Discrete generalized fractional operators defined using h‐discrete Mittag‐Leffler kernels and applications to AB fractional difference systems

This study investigates the h‐fractional difference operators with h‐discrete generalized Mittag‐Leffler kernels ( hEϕ,δ‾ω(Θ,t−ρh(sh)) in the sense of Riemann type (namely, the ABR) and Caputo type (namely, the ABC). For which, we will discuss the region of convergent. Then, we study the h‐discrete Laplace transforms to formulate their corresponding AB‐fractional sums. Also, it is useful in obtaining the semi‐group properties. We will prove the action of fractional sums on the ABC type h‐fractional differences and then it can be used to solve the system of ABC h‐fractional difference.

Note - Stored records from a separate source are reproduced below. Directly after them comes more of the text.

//! The commands that end with a code of their own.
ghost use Rattle.tks_tcl.specs.Codes.{bare_code, says, returns, raises};
ghost use Rattle.tks_tcl.specs.View.{code_command_of};
ghost use Rattle.tks_tcl.specs.Meets.{GivesSo};

use crate::interrupt::{Interrupt, within, wrong_words};
use std::alloc::Global;
use tks_text::{Limits, Txt};

/// The commands that end with a code of their own.
#[derive(Clone, Copy)]
pub enum CodeCommand {
    Break,
    Continue,
    Error,
    Return,
}

impl CodeCommand {
    /// The code and the text that the command ends with, given its first word and the others.
    pub fn run(
        self,
        alloc: Global,
        command: &Txt,
        words: &[Txt],
        limits: &Limits,
    ) -> Result<(u8, Txt), Interrupt>
        ensures { GivesSo (λ x. x) result (code_command_of self limits.now command.now words.now) }
    {
        match self {
            CodeCommand::Break => bare_code(alloc, 3, command, words),
            CodeCommand::Continue => bare_code(alloc, 4, command, words),
            CodeCommand::Error => run_error(command, words, limits),
            CodeCommand::Return => run_return(alloc, command, words, limits),
        }
    }
}

// A code, without words.
#[tactic(auto, using(crate::proofs::Causes::tells))]
fn bare_code(alloc: Global, code: u8, command: &Txt, words: &[Txt]) -> Result<(u8, Txt), Interrupt>
    ensures { GivesSo (λ x. x) result (bare_code code command.now words.now) }
{
    if words.is_empty() {
        Ok((code, Txt::new(alloc)))
    } else {
        Err(wrong_words(command))
    }
}

// A code and a text.
fn says(code: u8, text: &Txt, limits: &Limits) -> Result<(u8, Txt), Interrupt>
    ensures { GivesSo (λ x. x) result (says limits.now code text.now) }
{
    let text = within(text.try_clone()?, limits)?;
    Ok((code, text))
}

// return ?v?
#[tactic(auto, using(crate::proofs::Causes::tells))]
fn run_return(
    alloc: Global,
    command: &Txt,
    words: &[Txt],
    limits: &Limits,
) -> Result<(u8, Txt), Interrupt>
    ensures { GivesSo (λ x. x) result (returns limits.now command.now words.now) }
{
    match words {
        [] => Ok((2, Txt::new(alloc))),
        [value] => says(2, value, limits),
        _ => Err(wrong_words(command)),
    }
}

// error t
#[tactic(auto, using(crate::proofs::Causes::tells))]
fn run_error(command: &Txt, words: &[Txt], limits: &Limits) -> Result<(u8, Txt), Interrupt>
    ensures { GivesSo (λ x. x) result (raises limits.now command.now words.now) }
{
    match words {
        [text] => says(1, text, limits),
        _ => Err(wrong_words(command)),
    }
}
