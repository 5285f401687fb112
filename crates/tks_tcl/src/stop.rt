//! Why a run of a script stopped.
use std::alloc::AllocError;
use thiserror::Error;

/// Why a run of a script stopped. No script sees it.
#[derive(Clone, Copy, Debug, Error)]
pub enum Stop {
    /// It would have taken one step too many.
    #[error("out of steps")]
    Budget,
    /// One script too many would have been open at once.
    #[error("scripts too deep in one another")]
    Depth,
    /// A text or a list would have passed its limit.
    #[error("too large")]
    TooLarge,
    /// An allocation was refused.
    #[error("out of memory")]
    NoMemory,
}

impl From<AllocError> for Stop {
    ghost use Rattle.std.specs.Prelude.{◌≡◌};
    ghost use Rattle.tks_tcl.specs.declared.stop.Stop.TheVariants.{NoMemory};

    ghost from_gives = { λ _ e. e ≡ NoMemory };

    fn from(_e: AllocError) -> Stop {
        Stop::NoMemory
    }
}
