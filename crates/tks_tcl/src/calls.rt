//! A command that runs no script, given its words.
ghost use Rattle.std.specs.Prelude.{◌≡◌, OnErr};
ghost use Rattle.tks_tcl.specs.Plain.{errs, plain};
ghost use Rattle.tks_tcl.specs.View.{command_of};
ghost use Rattle.tks_tcl.specs.Meets.{GivesSo, ErrsSo, AnswersSo};

use crate::command::Command;
use crate::interrupt::{Interrupt, within};
use crate::stop::Stop;
use crate::strings::run_string;
use crate::table::ListTable;
use std::alloc::Global;
use tks_text::{Limits, ScriptFault, Txt};
use tks_vars::Vars;

/// What a command comes to, given its first word and the others.
pub(crate) fn run_command(
    alloc: Global,
    lists: &mut ListTable,
    command: Command,
    name: &Txt,
    words: &[Txt],
    variables: &mut Vars,
    limits: &Limits,
) -> Result<(u8, Txt), Interrupt>
    ensures value { GivesSo (λ x. (x, variables.new)) result (command_of command limits.now name.now words.now variables.old) }
    ensures err { OnErr result (variables.new ≡ variables.old) }
{
    match command {
        Command::OfCode(command) => {
            let ended = command.run(alloc, name, words, limits)?;
            Ok(ended)
        }
        Command::OfLists(command) => {
            let text = command.run(alloc, lists, name, words, limits)?;
            Ok((0, text))
        }
        Command::OfStrings => {
            let text = within(run_string(alloc, name, words)?, limits)?;
            Ok((0, text))
        }
        Command::OfVariables(command) => {
            let text = command.run(alloc, name, words, variables, limits)?;
            Ok((0, text))
        }
    }
}

/// The end by an error.
pub(crate) fn err(alloc: Global, fault: &ScriptFault, limits: &Limits) -> Result<(u8, Txt), Stop>
    ensures { ErrsSo limits.now fault.now result }
{
    let text = fault.text(alloc)?;
    if text.len() > limits.text as usize {
        return Err(Stop::TooLarge);
    }
    Ok((1, text))
}

/// What a command that runs no script comes to: its code, 0 ok, 1 error, 2 return, 3 break or 4 continue,
/// and its text. The first word names it; `None` where no such command has this name. An error of the
/// command's own, a stop and `None` leave the variables as they were. The stops are `TooLarge`, where a
/// value, a text or the list of variables would pass its limit, and `NoMemory`.
pub fn plain(
    alloc: Global,
    lists: &mut ListTable,
    variables: &mut Vars,
    words: &[Txt],
    limits: &Limits,
) -> Result<Option<(u8, Txt)>, Stop>
    ensures { AnswersSo result variables.old variables.new (plain limits.now words.now variables.old) }
{
    let [name, rest @ ..] = words else {
        return Ok(None);
    };
    let Some(command) = Command::named(name) else {
        return Ok(None);
    };
    match run_command(alloc, lists, command, name, rest, variables, limits) {
        Ok(ended) => Ok(Some(ended)),
        Err(Interrupt::Script(fault)) => {
            let ended = err(alloc, &fault, limits)?;
            Ok(Some(ended))
        }
        Err(Interrupt::TooLarge) => Err(Stop::TooLarge),
        Err(Interrupt::NoMemory) => Err(Stop::NoMemory),
    }
}
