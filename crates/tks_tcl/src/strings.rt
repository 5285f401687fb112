//! The command `string`.
ghost use Rattle.std.specs.Prelude.{◌≡◌, IfOk};
ghost use Rattle.tks_tcl.specs.Index.{range};
ghost use Rattle.tks_tcl.specs.Meets.{GivesSo};
ghost use Rattle.tks_tcl.specs.View.{index_of};
ghost use Rattle.tks_tcl.specs.Strings.{length_does, index_does, range_does, equal_does, subcommand_does, string_does};

use crate::index::{Index, index_in, range};
use crate::interrupt::{Interrupt, wrong_words};
use crate::words::{count_text, truth_text};
use std::alloc::{AllocError, Global};
use tks_text::Txt;

/// What `string` answers, given its first word and the others.
#[tactic(auto, using(crate::proofs::Causes::tells))]
pub fn run_string(alloc: Global, command: &Txt, words: &[Txt]) -> Result<Txt, Interrupt>
    ensures { GivesSo (λ t. t) result (string_does command.now words.now) }
{
    match words {
        [] => Err(wrong_words(command)),
        [subcommand, rest @ ..] => run_subcommand(alloc, command, subcommand, rest),
    }
}

// What a subcommand answers.
#[tactic(auto, using(crate::proofs::Causes::tells))]
fn run_subcommand(
    alloc: Global,
    command: &Txt,
    subcommand: &Txt,
    words: &[Txt],
) -> Result<Txt, Interrupt>
    ensures { GivesSo (λ t. t) result (subcommand_does command.now subcommand.now words.now) }
{
    let name = subcommand.as_bytes();
    if name == b"length".as_slice() {
        return run_length(alloc, command, words);
    }
    if name == b"index".as_slice() {
        return run_index(alloc, command, words);
    }
    if name == b"range".as_slice() {
        return run_range(alloc, command, words);
    }
    if name == b"equal".as_slice() {
        return run_equal(alloc, command, words);
    }
    Err(wrong_words(command))
}

// string length t
#[tactic(auto, using(crate::proofs::Causes::tells))]
fn run_length(alloc: Global, command: &Txt, words: &[Txt]) -> Result<Txt, Interrupt>
    ensures { GivesSo (λ t. t) result (length_does command.now words.now) }
{
    match words {
        [text] => Ok(count_text(alloc, text.as_bytes().len())?),
        _ => Err(wrong_words(command)),
    }
}

// The part of a text from one index to another.
#[tactic(auto, using(crate::proofs::Parts::range_is_text))]
fn part(alloc: Global, text: &Txt, first: Index, last: Index) -> Result<Txt, AllocError>
    ensures { IfOk result (λ t. t ≡ range (index_of first) (index_of last) text.now) }
{
    Txt::from_text(alloc, range(text.as_bytes(), first, last))
}

// string index t i
#[tactic(auto, using(crate::proofs::Causes::tells))]
fn run_index(alloc: Global, command: &Txt, words: &[Txt]) -> Result<Txt, Interrupt>
    ensures { GivesSo (λ t. t) result (index_does command.now words.now) }
{
    match words {
        [text, index] => {
            let index = index_in(alloc, index)?;
            Ok(part(alloc, text, index, index)?)
        }
        _ => Err(wrong_words(command)),
    }
}

// string range t a b
#[tactic(auto, using(crate::proofs::Causes::tells))]
fn run_range(alloc: Global, command: &Txt, words: &[Txt]) -> Result<Txt, Interrupt>
    ensures { GivesSo (λ t. t) result (range_does command.now words.now) }
{
    match words {
        [text, first, last] => {
            let first = index_in(alloc, first)?;
            let last = index_in(alloc, last)?;
            Ok(part(alloc, text, first, last)?)
        }
        _ => Err(wrong_words(command)),
    }
}

// string equal a b
#[tactic(auto, using(crate::proofs::Causes::tells))]
fn run_equal(alloc: Global, command: &Txt, words: &[Txt]) -> Result<Txt, Interrupt>
    ensures { GivesSo (λ t. t) result (equal_does command.now words.now) }
{
    match words {
        [a, b] => Ok(truth_text(alloc, a == b)?),
        _ => Err(wrong_words(command)),
    }
}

By using the h‐discrete Laplace transforms and the Picard successive approximation technique, we will solve the nonhomogeneous linear ABC h‐fractional difference equation with constant coefficient, and also we will remark the h‐discrete Laplace transform method for the continuous counterpart. Meanwhile, we will obtain a nontrivial solution for the homogeneous linear ABC h‐fractional difference initial value problem with constant coefficient for the case δ ≠ 1. We will formulate the relation between the ABC and ABR h‐fractional differences by using the h‐discrete Laplace transform. By iterating the fractional sums of order −(ϕ, δ, 1), we will generate the h‐fractional sum‐differences, and in view of this, a semigroup property will be proved. Due to these new powerful techniques, we can calculate the nabla h‐discrete transforms for the AB h‐fractional sums and the AB iterated h‐fractional sum‐differences. Furthermore, we will obtain some particular cases that can be found in examples and remarks. Finally, we will discuss the higher order case of the h‐discrete fractional differences and sums.